Exercise:
Return each line of the entries that holds the string "watching".

Stored data entries:

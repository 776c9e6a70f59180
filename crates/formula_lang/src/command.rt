//! Commands whose names, functions and types are checked.
ghost use Rattle.std.specs.Prelude.{◌≡◌, Some, IfOk, option_map};
ghost use Rattle.script_model.specs.Check.{Declare, kind_of_body, target_of_body};
ghost use Rattle.formula_lang.specs.CommandView.{body_view, command_view};
ghost use Rattle.formula_lang.specs.NamesView.{kind_view};

use crate::names::Kind;
use crate::typing::element_of;
use inc_value::{Base, FnRef, Text, Ty};
use line_parser::Name;
use line_times::Nanoseconds;
use std::alloc::{AllocError, Global};

/// A value as a command holds it.
pub enum Constant {
    Int(i64),
    Bool(bool),
    Text(Text),
    /// The declaration at the position, whose values have the base type.
    Reference { target: usize, base: Base },
}

// (written out: whoever drops one proves one call, and no drop of its parts)
impl Drop for Constant {
    fn drop(self) {
        match self {
            Constant::Int(_) | Constant::Bool(_) | Constant::Reference { target: _, base: _ } => {}
            Constant::Text(text) => drop(text),
        }
    }
}

/// A value from a time on.
pub struct TimedConstant {
    pub time: Nanoseconds,
    pub value: Constant,
}

// (written out: whoever drops one proves one call, and no drop of its parts)
impl Drop for TimedConstant {
    fn drop(self) {
        let TimedConstant { time: _, value } = self;
        drop(value);
    }
}

/// A formula with a position for each name and a reference for each function.
#[derive(Drop)]
pub enum Formula {
    Literal(Constant),
    /// The declaration at this position.
    Name(usize),
    /// The variable of a bind round the formula, by how many binds stand between.
    Bound(usize),
    Apply {
        function: FnRef,
        arguments: Vec<Formula>,
    },
    /// The fold of a function from a first value over elements, in order.
    Fold {
        function: FnRef,
        first: Constant,
        elements: Vec<Formula>,
    },
    /// The second formula where the first, a test, is true, else the third.
    If {
        test: Box<Formula>,
        yes: Box<Formula>,
        no: Box<Formula>,
    },
    /// What the declaration is worth to which the formula refers.
    Join(Box<Formula>),
    /// The body, in which the bind's variable stands for the value of the left.
    Bind {
        left: Box<Formula>,
        body: Box<Formula>,
    },
    /// Whether the clock has come to the time.
    At(Nanoseconds),
    /// The first value, and then that of the last step whose time has come.
    Steps {
        first: Constant,
        steps: Vec<TimedConstant>,
    },
    /// The clock, in nanoseconds.
    Now,
}

/// What is declared.
pub enum Declaration {
    /// A variable with its first value.
    Variable(Constant),
    /// A name for a formula.
    Computed(Formula),
    /// Whether the clock has come to the time, in nanoseconds: the end of a span that begins with the declaration.
    After(u64),
    /// How many whole spans went by since the base, which is the time of the declaration.
    Every {
        base: Nanoseconds,
        span: Nanoseconds,
    },
    /// The first value of a formula on which a predicate is true, and until then the formula.
    Frozen {
        child: Formula,
        predicate: FnRef,
    },
    /// The fold of a function from a first value over a list of declarations, which commands change.
    Expert {
        function: FnRef,
        first: Constant,
    },
}

// (written out: whoever drops one proves one call, and no drop of its parts)
impl Drop for Declaration {
    fn drop(self) {
        match self {
            Declaration::Variable(first) => drop(first),
            Declaration::Computed(formula) => drop(formula),
            Declaration::Frozen {
                child,
                predicate: _,
            } => drop(child),
            Declaration::Expert { function: _, first } => drop(first),
            Declaration::After(_) | Declaration::Every { base: _, span: _ } => {}
        }
    }
}

impl Declaration {
    /// The position of the declaration that a new name at the position `own` stands for: that of the
    /// name that the whole formula is, or its own.
    pub fn target(&self, own: usize) -> usize
        ensures { result ≡ target_of_body own (body_view self.now) }
    {
        match self {
            Declaration::Computed(Formula::Name(target)) => *target,
            Declaration::Computed(
                Formula::Literal(_)
                | Formula::Bound(_)
                | Formula::Apply { .. }
                | Formula::Fold { .. }
                | Formula::If { .. }
                | Formula::Join(_)
                | Formula::Bind { .. }
                | Formula::At(_)
                | Formula::Steps { .. }
                | Formula::Now,
            )
            | Declaration::Variable(_)
            | Declaration::After(_)
            | Declaration::Every { .. }
            | Declaration::Frozen { .. }
            | Declaration::Expert { .. } => own,
        }
    }

    /// The command that declares a name with it.
    pub(crate) fn named(
        self,
        alloc: Global,
        name: Name,
        ty: Ty,
    ) -> Result<Option<Command>, AllocError>
        ensures { IfOk result (λ c. option_map command_view c ≡ Some (Declare name ty (body_view self))) }
    {
        match Box::new(alloc, self) {
            Ok(body) => Ok(Some(Command::Declare { name, ty, body })),
            Err(_) => {
                drop(name);
                Err(AllocError)
            }
        }
    }

    /// How a name is declared with it.
    pub fn kind(&self) -> Kind
        ensures { kind_view result ≡ kind_of_body (body_view self.now) }
    {
        match self {
            Declaration::Variable(_) => Kind::Var,
            Declaration::Computed(Formula::Bind { .. }) => Kind::Bind,
            Declaration::Computed(
                Formula::Literal(_)
                | Formula::Name(_)
                | Formula::Bound(_)
                | Formula::Apply { .. }
                | Formula::Fold { .. }
                | Formula::If { .. }
                | Formula::Join(_)
                | Formula::At(_)
                | Formula::Steps { .. }
                | Formula::Now,
            )
            | Declaration::After(_)
            | Declaration::Every { .. }
            | Declaration::Frozen { .. } => Kind::Let,
            Declaration::Expert { function, .. } => Kind::Expert {
                takes: element_of(function).unwrap_or(Ty::Int),
            },
        }
    }
}

/// A command with a position for each name that it reads.
pub enum Command {
    /// Declares a name.
    Declare {
        name: Name,
        ty: Ty,
        body: Box<Declaration>,
    },
    /// Declares a name for the present right side of the bind at a position.
    Grab {
        name: Name,
        ty: Ty,
        bind: usize,
    },
    /// Gives a variable a value.
    Assign {
        target: usize,
        value: Constant,
    },
    /// Observes the declaration at a position.
    Observe {
        observer: Name,
        target: usize,
    },
    /// Ends an observer.
    Unobserve {
        observer: Name,
    },
    /// Watches an observer.
    Watch {
        observer: Name,
    },
    /// Puts a declaration behind the list of an expert.
    Link {
        expert: usize,
        target: usize,
    },
    /// Takes a declaration off the list of an expert.
    Unlink {
        expert: usize,
        target: usize,
    },
    /// Has an expert's function called anew.
    Stale {
        expert: usize,
    },
    /// Moves the clock on to a time, in nanoseconds.
    Advance {
        time: u64,
    },
    /// Stabilizes.
    Stabilize,
    /// Shows what an observer has.
    Show {
        observer: Name,
    },
}

// (written out: whoever drops one proves one call, and no drop of its parts)
impl Drop for Command {
    fn drop(self) {
        match self {
            Command::Declare { name, ty: _, body } => {
                drop(name);
                drop(body);
            }
            Command::Grab {
                name,
                ty: _,
                bind: _,
            } => drop(name),
            Command::Assign { target: _, value } => drop(value),
            Command::Observe {
                observer,
                target: _,
            } => drop(observer),
            Command::Unobserve { observer }
            | Command::Watch { observer }
            | Command::Show { observer } => drop(observer),
            Command::Link {
                expert: _,
                target: _,
            }
            | Command::Unlink {
                expert: _,
                target: _,
            }
            | Command::Stale { expert: _ }
            | Command::Advance { time: _ }
            | Command::Stabilize => {}
        }
    }
}
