//! What commands come to by their names, functions and types.
ghost use Rattle.std.specs.Prelude.{◌≡◌, ◌+◌, ℕ, false, true, IfOk, IsErrOf, None, Some, option_map, unwrap_or};
ghost use Rattle.script_model.specs.Check.{Declare, Names as AllNames, Reason as AReason, command_of, first_that, is_against, is_top_form, line_order, reason_number};
ghost use Rattle.script_model.specs.Formula.{Meanings, meanings_of};
ghost use Rattle.script_model.specs.Grammar.{Var, Set, Let, Freeze, Expert, Link, Unlink, Stale, Grab, Observe, Show, Unobserve, Watch};
ghost use Rattle.formula_lang.specs.CommandView.{body_view, command_view};
ghost use Rattle.formula_lang.specs.Fits.{FitsNames};
ghost use Rattle.formula_lang.specs.Verdict.{reason_view};
ghost use Rattle.formula_lang.specs.declared.refusal.Reason.{Reason};
ghost use Rattle.line_parser.specs.TreeView.{line_view, tree_view};
ghost use Rattle.line_parser.specs.View.{literal_view, time_view};

use crate::command::{Command, Declaration};
use crate::mentioning::mentions_unknown;
use crate::names::{Kind, Names};
use crate::refusal::{Reason, first_reason};
use crate::typing::{declared_as, element_of, is_same_type, literal_of_type, typed};
use inc_value::Ty;
use line_parser::{Line, Literal, Name, Time, Tree};
use line_times::nanoseconds_of;
use node_arena::Library;
use std::alloc::{AllocError, Global};
use thiserror::Error;

/// Why a command is not carried out.
#[derive(Clone, Copy, Debug, PartialEq, Eq, Error)]
pub enum CheckFault {
    /// It is refused, with the number that is printed: 3 for a name that is taken, 4 for one that
    /// is unknown, 5 for an unknown function, 6 for types that don't fit, 7 for a `set` of what is
    /// no variable, 8 for a `grab` of what is no bind, 10 for a `link`, an `unlink` or a `stale` of
    /// what is no expert, 11 for an unknown observer, 12 for one that is in use, 14 for a `freeze`,
    /// an `after` or an `every` within a formula, 15 for a time that is past,
    /// 16 for one beyond the greatest, 17 for steps whose times don't rise, and 18 for an empty span.
    #[error("refused {0}")]
    Refusal(u8),
    /// There is no memory for the checked command.
    #[error("out of memory")]
    Memory,
}

impl From<AllocError> for CheckFault {
    ghost use Rattle.std.specs.Prelude.{◌≡◌};
    ghost use Rattle.formula_lang.specs.declared.checking.CheckFault.TheVariants.{Memory};

    ghost from_gives = { λ _ e. e ≡ Memory };

    fn from(_error: AllocError) -> CheckFault {
        CheckFault::Memory
    }
}

/// The command with a position for each name and a reference for each function, or the first
/// reason in the order of refusals that stands against the line. Each is looked at over the whole
/// line before the next. Names, functions and types of what comes back fit together.
///
/// `Memory` may come at any point.
pub fn check<L: Library>(
    alloc: Global,
    line: &Line,
    names: &Names,
    library: &L,
) -> Result<Command, CheckFault>
    ensures allowed { IfOk result (λ c. let F = meanings_of (L.named library.now) (L.value library.now) in
        (first_that (is_against F names.entry.now (line_view line.now)) line_order ≡ None)
        × (command_of F names.entry.now (line_view line.now) ≡ Some (command_view c))) }
    ensures refused { (n : ℕ) → IsErrOf result (CheckFault.Refusal n) → (why : AReason)
        × (first_that (is_against (meanings_of (L.named library.now) (L.value library.now)) names.entry.now (line_view line.now))
        line_order ≡ Some why) × (reason_number why ≡ n) }
    ensures fits { IfOk result (λ c. FitsNames (L.known library.now) names.entry.now (command_view c)) }
{
    names.keeps_order();
    let is_unknown = mentions_unknown(alloc, line, names)?;
    let command = command_of(alloc, line, names, library)?;
    let against = first_reason(line, names, library, is_unknown, command.is_none());
    decided(command, against)
}

/// The command that the line comes to, unless a reason stands against it.
fn decided(command: Option<Command>, against: Option<Reason>) -> Result<Command, CheckFault>
    requires { against ≡ None → command ≡ None → ⊥ }
    ensures allowed { IfOk result (λ c. (command ≡ Some c) × (against ≡ None)) }
    ensures refused { (n : ℕ) → IsErrOf result (CheckFault.Refusal n)
        → (why : Reason) × (against ≡ Some why) × (reason_number (reason_view why) ≡ n) }
{
    match against {
        Some(reason) => {
            drop(command);
            Err(CheckFault::Refusal(reason.number()))
        }
        None => match command {
            Some(command) => Ok(command),
            None => unreachable!(),
        },
    }
}

/// What a line comes to, where its names, functions and types fit.
fn command_of<L: Library>(
    alloc: Global,
    line: &Line,
    names: &Names,
    library: &L,
) -> Result<Option<Command>, AllocError>
    ensures { IfOk result (λ c. option_map command_view c
        ≡ command_of (meanings_of (L.named library.now) (L.value library.now)) names.entry.now (line_view line.now)) }
{
    match line {
        Line::Var { name, ty, first } => variable(alloc, names, name, *ty, first),
        Line::Set { name, value } => assignment(alloc, names, name, value),
        Line::Let { name, formula } => definition(alloc, names, library, name, formula),
        Line::Grab { name, bind } => grab(alloc, names, name, bind),
        Line::Observe { observer, name } => observation(alloc, names, observer, name),
        Line::Unobserve { observer } => ending(alloc, observer),
        Line::Watch { observer } => watching(alloc, observer),
        Line::Expert {
            name,
            function,
            first,
        } => expert(alloc, names, library, name, function, first),
        Line::Link { expert, name } => Ok(linking(names, expert, name)),
        Line::Unlink { expert, name } => Ok(unlinking(names, expert, name)),
        Line::Stale { expert } => Ok(renewal(names, expert)),
        Line::Advance { span } => Ok(Some(Command::Advance {
            time: after(names, *span),
        })),
        Line::AdvanceTo { time } => Ok(Some(Command::Advance {
            time: nanoseconds_of(*time).count(),
        })),
        Line::Stabilize => Ok(Some(Command::Stabilize)),
        Line::Show { observer } => showing(alloc, observer),
    }
}

/// The declaration of a variable.
fn variable(
    alloc: Global,
    names: &Names,
    name: &Name,
    ty: Ty,
    first: &Literal,
) -> Result<Option<Command>, AllocError>
    ensures { (F : Meanings) → IfOk result (λ c. option_map command_view c ≡ command_of F names.entry.now (Var name.now ty (literal_view first.now))) }
{
    match literal_of_type(alloc, names, ty, first)? {
        Some(first) => timed(alloc, name, ty, Declaration::Variable(first)),
        None => Ok(None),
    }
}

/// The setting of a variable.
fn assignment(
    alloc: Global,
    names: &Names,
    name: &Name,
    value: &Literal,
) -> Result<Option<Command>, AllocError>
    ensures { (F : Meanings) → IfOk result (λ c. option_map command_view c ≡ command_of F names.entry.now (Set name.now (literal_view value.now))) }
{
    let Some(declared) = declared_as(names, name) else {
        return Ok(None);
    };
    match literal_of_type(alloc, names, declared.ty, value)? {
        Some(value) => Ok(Some(Command::Assign {
            target: declared.target,
            value,
        })),
        None => Ok(None),
    }
}

/// The declaration of a name for a formula.
fn definition<L: Library>(
    alloc: Global,
    names: &Names,
    library: &L,
    name: &Name,
    formula: &Tree,
) -> Result<Option<Command>, AllocError>
    ensures { IfOk result (λ c. option_map command_view c
        ≡ command_of (meanings_of (L.named library.now) (L.value library.now)) names.entry.now (Let name.now (tree_view formula.now))) }
{
    match formula {
        Tree::After(span) => {
            let body = Declaration::After(after(names, *span));
            timed(alloc, name, Ty::Bool, body)
        }
        Tree::Every(span) => {
            let base = names.clock();
            let span = nanoseconds_of(*span);
            timed(alloc, name, Ty::Int, Declaration::Every { base, span })
        }
        Tree::Literal(_)
        | Tree::Name(_)
        | Tree::Now
        | Tree::Call { .. }
        | Tree::Fold { .. }
        | Tree::If { .. }
        | Tree::Bind { .. }
        | Tree::Join { .. }
        | Tree::At(_)
        | Tree::Steps { .. } => computed(alloc, names, library, name, formula),
        Tree::Freeze {
            child,
            predicate,
            around,
        } => match around.as_slice() {
            [] => freeze(alloc, names, library, name, child, predicate),
            // (a freeze within a freeze)
            [_, ..] => Ok(None),
        },
    }
}

/// The declaration of a name for the first value of a formula on which a predicate is true.
fn freeze<L: Library>(
    alloc: Global,
    names: &Names,
    library: &L,
    name: &Name,
    child: &Tree,
    predicate: &Name,
) -> Result<Option<Command>, AllocError>
    ensures { IfOk result (λ c. option_map command_view c
        ≡ command_of (meanings_of (L.named library.now) (L.value library.now)) names.entry.now (Let name.now (Freeze (tree_view child.now) predicate.now))) }
{
    let Some(predicate) = library.find(predicate.bytes()) else {
        return Ok(None);
    };
    match typed(alloc, names, library, &[], child) {
        Ok(Some(child)) => child.frozen(alloc, name, predicate),
        Ok(None) => Ok(None),
        Err(fault) => Err(fault),
    }
}

/// The declaration of a name for the fold of a list that commands change.
fn expert<L: Library>(
    alloc: Global,
    names: &Names,
    library: &L,
    name: &Name,
    function: &Name,
    first: &Literal,
) -> Result<Option<Command>, AllocError>
    ensures { IfOk result (λ c. option_map command_view c
        ≡ command_of (meanings_of (L.named library.now) (L.value library.now)) names.entry.now
        (Expert name.now function.now (literal_view first.now))) }
{
    let Some(function) = library.find(function.bytes()) else {
        return Ok(None);
    };
    if element_of(&function).is_none() {
        return Ok(None);
    }
    let ty = function.sig.gives();
    let first = match literal_of_type(alloc, names, ty, first) {
        Ok(Some(first)) => first,
        Ok(None) => return Ok(None),
        Err(fault) => return Err(fault),
    };
    timed(alloc, name, ty, Declaration::Expert { function, first })
}

/// The linking of a declaration to an expert, if it has the type that the expert takes.
fn linking(names: &Names, expert: &Name, name: &Name) -> Option<Command>
    ensures { (F : Meanings) → option_map command_view result ≡ command_of F names.entry.now (Link expert.now name.now) }
{
    let expert = declared_as(names, expert)?.target;
    let linked = declared_as(names, name)?;
    match names.get(expert).kind {
        Kind::Expert { takes } if is_same_type(linked.ty, takes) => Some(Command::Link {
            expert,
            target: linked.target,
        }),
        _ => None,
    }
}

/// The unlinking of a declaration from an expert.
fn unlinking(names: &Names, expert: &Name, name: &Name) -> Option<Command>
    ensures { (F : Meanings) → option_map command_view result ≡ command_of F names.entry.now (Unlink expert.now name.now) }
{
    Some(Command::Unlink {
        expert: declared_as(names, expert)?.target,
        target: declared_as(names, name)?.target,
    })
}

/// The renewal of an expert.
fn renewal(names: &Names, expert: &Name) -> Option<Command>
    ensures { (F : Meanings) → option_map command_view result ≡ command_of F names.entry.now (Stale expert.now) }
{
    Some(Command::Stale {
        expert: declared_as(names, expert)?.target,
    })
}

/// The declaration of a name for what is no formula of others.
fn timed(
    alloc: Global,
    name: &Name,
    ty: Ty,
    body: Declaration,
) -> Result<Option<Command>, AllocError>
    ensures { IfOk result (λ c. option_map command_view c ≡ Some (Declare name.now ty (body_view body))) }
{
    match Name::new(alloc, name.bytes()) {
        Ok(name) => body.named(alloc, name, ty),
        Err(fault) => {
            drop(body);
            Err(fault)
        }
    }
}

/// The time at which a span ends that begins now, in nanoseconds. It is refused where it is beyond the greatest.
fn after(names: &Names, span: Time) -> u64
    ensures { result ≡ names.entry.now.now + unwrap_or (time_view span) 0 }
{
    names.clock().count() + nanoseconds_of(span).count()
}

/// The declaration of a name for a formula that may stand within others.
fn computed<L: Library>(
    alloc: Global,
    names: &Names,
    library: &L,
    name: &Name,
    formula: &Tree,
) -> Result<Option<Command>, AllocError>
    requires { is_top_form (tree_view formula.now) ≡ false }
    ensures { IfOk result (λ c. option_map command_view c
        ≡ command_of (meanings_of (L.named library.now) (L.value library.now)) names.entry.now (Let name.now (tree_view formula.now))) }
{
    match typed(alloc, names, library, &[], formula) {
        Ok(Some(typed)) => match Name::new(alloc, name.bytes()) {
            Ok(name) => typed.declared(alloc, name),
            Err(fault) => {
                drop(typed);
                Err(fault)
            }
        },
        Ok(None) => Ok(None),
        Err(fault) => Err(fault),
    }
}

/// The declaration of a name for a bind's right side.
fn grab(
    alloc: Global,
    names: &Names,
    name: &Name,
    bind: &Name,
) -> Result<Option<Command>, AllocError>
    ensures { (F : Meanings) → IfOk result (λ c. option_map command_view c ≡ command_of F names.entry.now (Grab name.now bind.now)) }
{
    let Some(declared) = declared_as(names, bind) else {
        return Ok(None);
    };
    Ok(Some(Command::Grab {
        name: Name::new(alloc, name.bytes())?,
        ty: declared.ty,
        bind: declared.target,
    }))
}

/// The making of an observer.
fn observation(
    alloc: Global,
    names: &Names,
    observer: &Name,
    name: &Name,
) -> Result<Option<Command>, AllocError>
    ensures { (F : Meanings) → IfOk result (λ c. option_map command_view c ≡ command_of F names.entry.now (Observe observer.now name.now)) }
{
    let Some(declared) = declared_as(names, name) else {
        return Ok(None);
    };
    Ok(Some(Command::Observe {
        observer: Name::new(alloc, observer.bytes())?,
        target: declared.target,
    }))
}

/// The ending of an observer.
fn ending(alloc: Global, observer: &Name) -> Result<Option<Command>, AllocError>
    ensures { (F : Meanings) (names : AllNames) → IfOk result (λ c. option_map command_view c ≡ command_of F names (Unobserve observer.now)) }
{
    Ok(Some(Command::Unobserve {
        observer: Name::new(alloc, observer.bytes())?,
    }))
}

/// The watching of an observer.
fn watching(alloc: Global, observer: &Name) -> Result<Option<Command>, AllocError>
    ensures { (F : Meanings) (names : AllNames) → IfOk result (λ c. option_map command_view c ≡ command_of F names (Watch observer.now)) }
{
    Ok(Some(Command::Watch {
        observer: Name::new(alloc, observer.bytes())?,
    }))
}

/// The showing of an observer.
fn showing(alloc: Global, observer: &Name) -> Result<Option<Command>, AllocError>
    ensures { (F : Meanings) (names : AllNames) → IfOk result (λ c. option_map command_view c ≡ command_of F names (Show observer.now)) }
{
    Ok(Some(Command::Show {
        observer: Name::new(alloc, observer.bytes())?,
    }))
}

Exercise solution:
        Line::Watch { observer } => watching(alloc, observer),
/// The watching of an observer.
fn watching(alloc: Global, observer: &Name) -> Result<Option<Command>, AllocError>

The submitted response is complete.